# plc cycle time



## guelle (7 November 2007)

Hello, 
I am sorry for writing in english. my german is poor.

I have to make some analysis for uni project. We have a PLC which has a Com. Processor. This is the master on the profibus , and there are two DP slaves. We have a diagnosis software Amprolyzer. It shows all the telegrams happening on the bus. It seems that Master polls the slaves cyclic.My question, is this slave polling interval the same as plc cycle time or what shows actually this slave polling interval ?  where does it come from ?  Is it possible to see PLC cycle time by looking at the telegram recordings ? 
In the PLC program DP Send and Receive blocks is under OB1.


----------



## Rainer Hönle (7 November 2007)

It depends on the PLC. On SIMATIC PLCs the bus cycle is not equal to the PLC cycle time. The bus will normally run as fast as possible, and the PLC too ;-).
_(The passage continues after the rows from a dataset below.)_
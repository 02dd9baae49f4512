// A collection that can be stopped: how many words it is saved in, and the call that begins one.
#![tactic(auto)]

ghost use Rattle.std.specs.Prelude.{◌≡◌};
ghost use Rattle.desk.specs.Length.{length_row};
ghost use Rattle.marker.specs.Answer.{call_of};
ghost use Rattle.saved.specs.Calls.{saving_lengths};
ghost use Rattle.begin.specs.Answer.{length_for, Begun};

use checkpoint::save;
use desk::{Lengths, Settings, places};
use marker::{Marked, start};
use refusal::Refusal;
use worker::registers;

// How many words a collection of n objects with W workers takes when it is saved.
pub fn saved_words(objects: u32, workers: u32) -> Result<u64, Refusal>
    ensures { length_row result ≡ length_for objects workers }
{
    if checks::workers_outside(workers) {
        return Err(Refusal::Setting);
    }
    if checks::objects_outside(objects) {
        return Err(Refusal::Count);
    }
    Ok(places::saved(objects as usize, workers) as u64)
}

// The lengths of the buffers of a call that saves.
pub fn lent(marks: usize, work: usize, tallies: usize, saved: usize) -> Lengths
    ensures { result ≡ saving_lengths marks work tallies saved }
{
    Lengths {
        marks,
        work,
        tallies,
        saved: Some(saved),
    }
}

// Begins a collection, makes the turns of the schedule, and saves it.
pub fn begin(
    offsets: &[u32],
    targets: &[u32],
    starts: &[u32],
    settings: Settings,
    schedule: &[u8],
    marks: &mut [u8],
    work: &mut [u32],
    tallies: &mut [u64],
    saved: &mut [u32],
) -> Result<Marked, Refusal>
    ensures { Begun (call_of offsets.now targets.now starts.now settings schedule.now)
        marks.old work.old tallies.old saved.old result marks.new work.new tallies.new saved.new }
{
    let lengths = lent(marks.len(), work.len(), tallies.len(), saved.len());
    let setup = marker::accept(offsets, targets, starts, settings, schedule, lengths)?;
    let mut registers = [0u32; registers::ALL];
    let regs = &mut registers[..registers::BLOCK * setup.workers as usize];
    let begun = start::afresh(offsets, targets, starts, setup, marks, work, tallies, regs);
    let p = marker::take_turns(
        offsets, targets, setup, schedule, marks, work, tallies, regs, begun,
    );
    marker::settle(setup, work, regs);
    save::save(setup.workers, marks, work, tallies, regs, p, saved);
    Ok(marker::answer(tallies, setup.workers, p))
}
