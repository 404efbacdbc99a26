// SELECT.
ghost use Rattle.std.specs.Prelude.{◌≡◌};
ghost use Rattle.store_files.specs.Master.{aid_of};
ghost use Rattle.machine_select.specs.Select.{select_aid, select_master, select_file, select_by, one_of_three, length_fits, select};

use machine_action::{Action, tests};
use machine_apdu::status::StatusWord;
use machine_apdu::{Frame, status};
use machine_session::resolve::resolve_file;
use machine_session::{Named, Session};

#[tactic(auto, unfolding(machine_session::specs::Order::in_order))]
fn select_application(image: &[u8], s: Session, a: usize) -> Result<Action, StatusWord>
    ensures { result ≡ select_aid image.now s (Some a) }
{
    if !store_image::present(image, a) {
        return Err(status::FILE_NOT_FOUND);
    }
    if !machine_rights::flag(s.rights, a) {
        return Err(status::NOT_PERMITTED);
    }
    Ok(Action::SelectApplication(a))
}

fn select_aid(image: &[u8], s: Session, data: &[u8]) -> Result<Action, StatusWord>
    ensures { result ≡ select_aid image.now s (aid_of «data».now) }
{
    let a = store_files::aid_of(data).ok_or(status::FILE_NOT_FOUND)?;
    select_application(image, s, a)
}

#[tactic(auto, unfolding(crate::specs::Select::select_master))]
fn select_master(i: usize) -> Result<Action, StatusWord>
    ensures { result ≡ select_master i }
{
    if i == 0x3F00 {
        Ok(Action::SelectApplication(0))
    } else {
        Err(status::FILE_NOT_FOUND)
    }
}

#[tactic(auto, unfolding(crate::specs::Select::select_file))]
fn select_file(image: &[u8], s: Session, i: usize) -> Result<Action, StatusWord>
    ensures { result ≡ select_file image.now s i }
{
    Ok(Action::SelectFile(resolve_file(image, s, Named::Id(i))?))
}

// Steps 7 to 9, by P1.
#[tactic(auto, unfolding(crate::specs::Select::select_by))]
fn select_by(image: &[u8], s: Session, p1: usize, data: &[u8]) -> Result<Action, StatusWord>
    ensures { result ≡ select_by image.now s p1 «data».now }
{
    match p1 {
        0x04 => select_aid(image, s, data),
        0x02 => select_file(image, s, tests::id_in(data)),
        _ => select_master(tests::id_in(data)),
    }
}

#[tactic(auto, unfolding(crate::specs::Select::one_of_three))]
pub fn one_of_three(p1: usize) -> bool
    ensures { result ≡ one_of_three p1 }
{
    matches!(p1, 0x04 | 0x02 | 0x00)
}

#[tactic(auto, unfolding(crate::specs::Select::length_fits))]
fn length_fits(p1: usize, lc: usize) -> bool
    ensures { result ≡ length_fits p1 lc }
{
    p1 == 0x04 || lc == 2
}

#[tactic(auto, unfolding(crate::specs::Select::select, machine_session::specs::Order::in_order))]
pub fn select(image: &[u8], s: Session, f: Frame, data: &[u8]) -> Result<Action, StatusWord>
    ensures { result ≡ select image.now s f «data».now }
{
    let h = f.header;
    if h.p2 != 0x0C || !one_of_three(h.p1) {
        return Err(status::WRONG_PARAMETERS);
    }
    if !tests::lc_only(f) || !length_fits(h.p1, f.lc) {
        return Err(status::WRONG_LENGTH);
    }
    select_by(image, s, h.p1, data)
}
If you have a short PLC program and a lot of masters and slaves, the bus is slower than the PLC, if you have only a few slaves and a big PLC programm, the bus is faster than the PLC. You can't "guess" the PLC cycle time from the bus cycle time. All above for normal DP data exchange mode.


----------



## eYe (7 November 2007)

Hello guelle,

if u are using Step7 Software from Siemens u can check the PLC cycle time as follows:

PLC -> Diagnostic/Settings -> Module Information -> Scan Cycle Time (Tab)


----------



## guelle (7 November 2007)

thank you very much for the answers. 

i would like to ask this one too. there is one dp master. therefore, after every fdl request telegram and after every data exchange sessions, master sends the token to itself. Is a token holding time defined in such mono master systems too? or we can not mention it in mono master systems ?

thank you


----------



## Rainer Hönle (7 November 2007)

There are a lot of timing parameters there. And the master will search other masters obove its own adress in a specific time frame and so on. I think it is the best, if you look at Profibus-DP/DPV1 from Manfred Popp. It is a must if you are working on protocol level with profibus. It is better than reading IEC 61158 ;-)


----------



## guelle (8 November 2007)

Yes I have that book. But i really dont understand what "token rotation time" or "target token rotation time" in a mono master dp configuration might mean. And i can not find anything like after fdl request telegram master sends token telegram but in my recordings it seems so. 

Regards,
Guelle


----------



## Rainer Hönle (8 November 2007)

At any time an additional master can "enter" the bus. And that is why the master must send the token to the next higher master address. And if it is the last master in the ring, to the first master. Even it is only an single master system in the moment. Look at the fdl status telegramms. That is the search for new devices.
If Popp is not enough for you, you must read the IEC. But do you recognized all graphics, specially for timing parameters, the gap factor and so on?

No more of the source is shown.